Now, what about the Abandoner?
The Abandoner
When things get weird, uncomfortable, or too close for comfort, I will likely just stop responding. Like that time we were arguing and I just walked out of the room, or when I didn’t respond to your text. My “safety blanket” is avoiding or leaving. I don’t usually push my opinion, and if you say no I won’t bring it up again (sometimes I do this to spite you). I close myself off emotionally. I know this drives you crazy. And to be honest, I sort of like that. I often react this way when I feel controlled. It’s the only defense I feel like I have, and it works.
Again, that is an extreme example. But you get the idea.
There is always a role for one person and another in each relationship. Like I mentioned above, I see myself as one or the other depending on who the relationship is with.
Most often, these cycles are unhealthy. In the perfect world, we would be healthy enough to realize that we don’t need to control or abandon in order to have love. But, because all of us have experienced pain (anything from a high school heartbreak to traumatic abuse), this is our default mode.
This mode is how we got attention at a very early age in our development. Remember tag? Yea, you run after me and when you finally catch me it’s my turn to chase you. The chaser being the controller and the chasee being the abandoner.
Passion Provokers has noticed a big pattern in this control/abandonment cycle. These occasions of controlling and abandoning often start to escalate. For your coupleship, it could be a 3-week cycle, a 6-month cycle, or a 2-year cycle.
At the “end” if the cycle, there is often a big blow up. Most people explain this as a “huge fight”. Most couples kiss and make up and then they enter the honeymoon phase for X amount of time. Slowly, the control/abandonment cycle starts back up and in a few weeks/months/years it starts all over again.
The goal becomes ending this cycle, or at least working towards a much more mellowed version if it. The more aware we are of our position in this arrangement, we can start to change our behavior.
My husband and I were heavily struggling with this during our first year of marriage.

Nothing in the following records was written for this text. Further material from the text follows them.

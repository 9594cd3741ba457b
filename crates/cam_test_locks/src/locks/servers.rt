//! The servers that tables are tried with: they count what they are asked, and may want memory.

use super::both::{ask_with, value_of};
use super::plain_table::Told;
use super::{REGISTER, new_table};
use crate::check::same;
use cam_base::NoMemory;
use cam_locks::LockTable;
use cam_names::Name;
use cam_type::{Answer, CounterServer, DataType, Kind, Op, QueueServer, RegisterServer, State};
use std::alloc::Global;
use std::test::Fail;

/// A server that counts how often it is asked for an operation, and that may want memory.
#[derive(Drop)]
pub(super) struct Counting<T: DataType> {
    inner: T,
    asked: u32,
    wants_memory: bool,
}

impl<T: DataType> Counting<T> {
    fn new(inner: T) -> Counting<T> {
        Counting {
            inner,
            asked: 0,
            wants_memory: false,
        }
    }
}

impl<T: DataType> DataType for Counting<T> {
    ghost kind = { λ server. T.kind server.inner };

    ghost held = { λ server. T.held server.inner };

    ghost held_is_of_its_kind = { λ server. T.held_is_of_its_kind server.inner };

    fn kind(&self) -> Kind {
        self.inner.kind()
    }

    fn load(&mut self, state: &State) -> Result<(), NoMemory> {
        self.inner.load(state)
    }

    fn apply(&mut self, op: &Op) -> Result<Answer, NoMemory> {
        self.asked = self.asked.saturating_add(1);
        if self.wants_memory {
            return Err(NoMemory);
        }
        self.inner.apply(op)
    }

    fn save(&self) -> Result<State, NoMemory> {
        self.inner.save()
    }
}

/// A server of each kind. They hold what they were last asked of, whoever asked.
#[derive(Drop)]
pub(super) struct Servers {
    pub(super) register: Counting<RegisterServer>,
    pub(super) queue: Counting<QueueServer>,
    pub(super) counter: Counting<CounterServer>,
}

impl Servers {
    pub(super) fn new(alloc: Global) -> Servers {
        Servers {
            register: Counting::new(RegisterServer::new()),
            queue: Counting::new(QueueServer::new(alloc)),
            counter: Counting::new(CounterServer::new()),
        }
    }

    /// How often they were asked for an operation.
    pub(super) fn asked(&self) -> u32 {
        self.register
            .asked
            .saturating_add(self.queue.asked)
            .saturating_add(self.counter.asked)
    }
}

/// What is seen of a new table at a server that wants memory, and then, once the server has it, of the table and the
/// server.
#[derive(Clone, Copy, Debug, PartialEq)]
struct Tried {
    wanted_memory: bool,
    next_index: u32,
    told: Told,
    register: Option<i64>,
    asked: u32,
}

/// Whether the table wants memory when its server does.
fn wants_memory(
    table: &mut LockTable,
    server: &mut Counting<RegisterServer>,
) -> Result<bool, Fail> {
    let name = Name::parse("1.1.1")?;
    server.wants_memory = true;
    let wants_memory = ask_with(table, &name, REGISTER, &Op::Write(5), server).is_err();
    server.wants_memory = false;
    Ok(wants_memory)
}

/// What another action is told.
fn told_another(
    table: &mut LockTable,
    server: &mut Counting<RegisterServer>,
) -> Result<Told, Fail> {
    let name = Name::parse("1.1.2")?;
    let told = ask_with(table, &name, REGISTER, &Op::Swap(6), server)?;
    Ok(told)
}

/// What the register holds past the top.
fn register_of(table: &LockTable) -> Result<Option<i64>, NoMemory> {
    match value_of(table, REGISTER)? {
        Some(State::Register(value)) => Ok(Some(value)),
        _ => Ok(None),
    }
}

/// Asks twice, with a server that wants memory at the first time.
fn try_twice(table: &mut LockTable, server: &mut Counting<RegisterServer>) -> Result<Tried, Fail> {
    let wanted_memory = wants_memory(table, server)?;
    let next_index = table.next_index();
    let told = told_another(table, server)?;
    let register = register_of(table)?;
    Ok(Tried {
        wanted_memory,
        next_index,
        told,
        register,
        asked: server.asked,
    })
}

/// What is seen of a new table and a new server.
fn tried_anew(alloc: Global) -> Result<Tried, Fail> {
    let mut table = new_table(alloc)?;
    let mut server = Counting::new(RegisterServer::new());
    try_twice(&mut table, &mut server)
}

#[test]
fn a_server_that_wants_memory_leaves_the_table(rt: HostRuntime) -> Result<(), Fail> {
    let tried = tried_anew(rt.alloc())?;
    let expected = Tried {
        wanted_memory: true,
        next_index: 0,
        told: Told::Done(Answer::Value(0)),
        register: Some(0),
        asked: 2,
    };
    same(&rt, tried, expected);
    Ok(())
}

We would often both be the “controllers” and then both flip (almost at the same time) to the abandoners. And BOY did that drive us both absolutely c r a z y. We were losing ourselves in this dysfunctional trade-off. It only started to get better once we decided to change our old argue habits.
A huge piece of this was using the check-in tool we were taught. At first, we would be knee-deep in anger, frustration, and hurtful words, when all of a sudden one of us would stop. Just by my husband stopping how he would normally react completely threw me off. My perfectly planned come-backs became null and void when he stopped saying or reacting the way I predicted he might.
It was a beautiful transformation, which at fist started by me huffing and puffing out of the room because I (ultimately) felt embarrassed and ashamed by my own behavior.
Slowly, through time and dedication to be accountable to our own part in this nasty behavior, our pattern started to change. Instead of immediately going into defense and attack mode, we started to listen to each other. Our body language was literally changing before our own eyes. We were able to experience tough conversations with respect and honesty vs. irreversible pain and cold-hearted words.
By no means are we perfect at this yet. However, just by being aware of our roles in the Control/Abandonment cycle led us to a path of healing instead of broken-ness.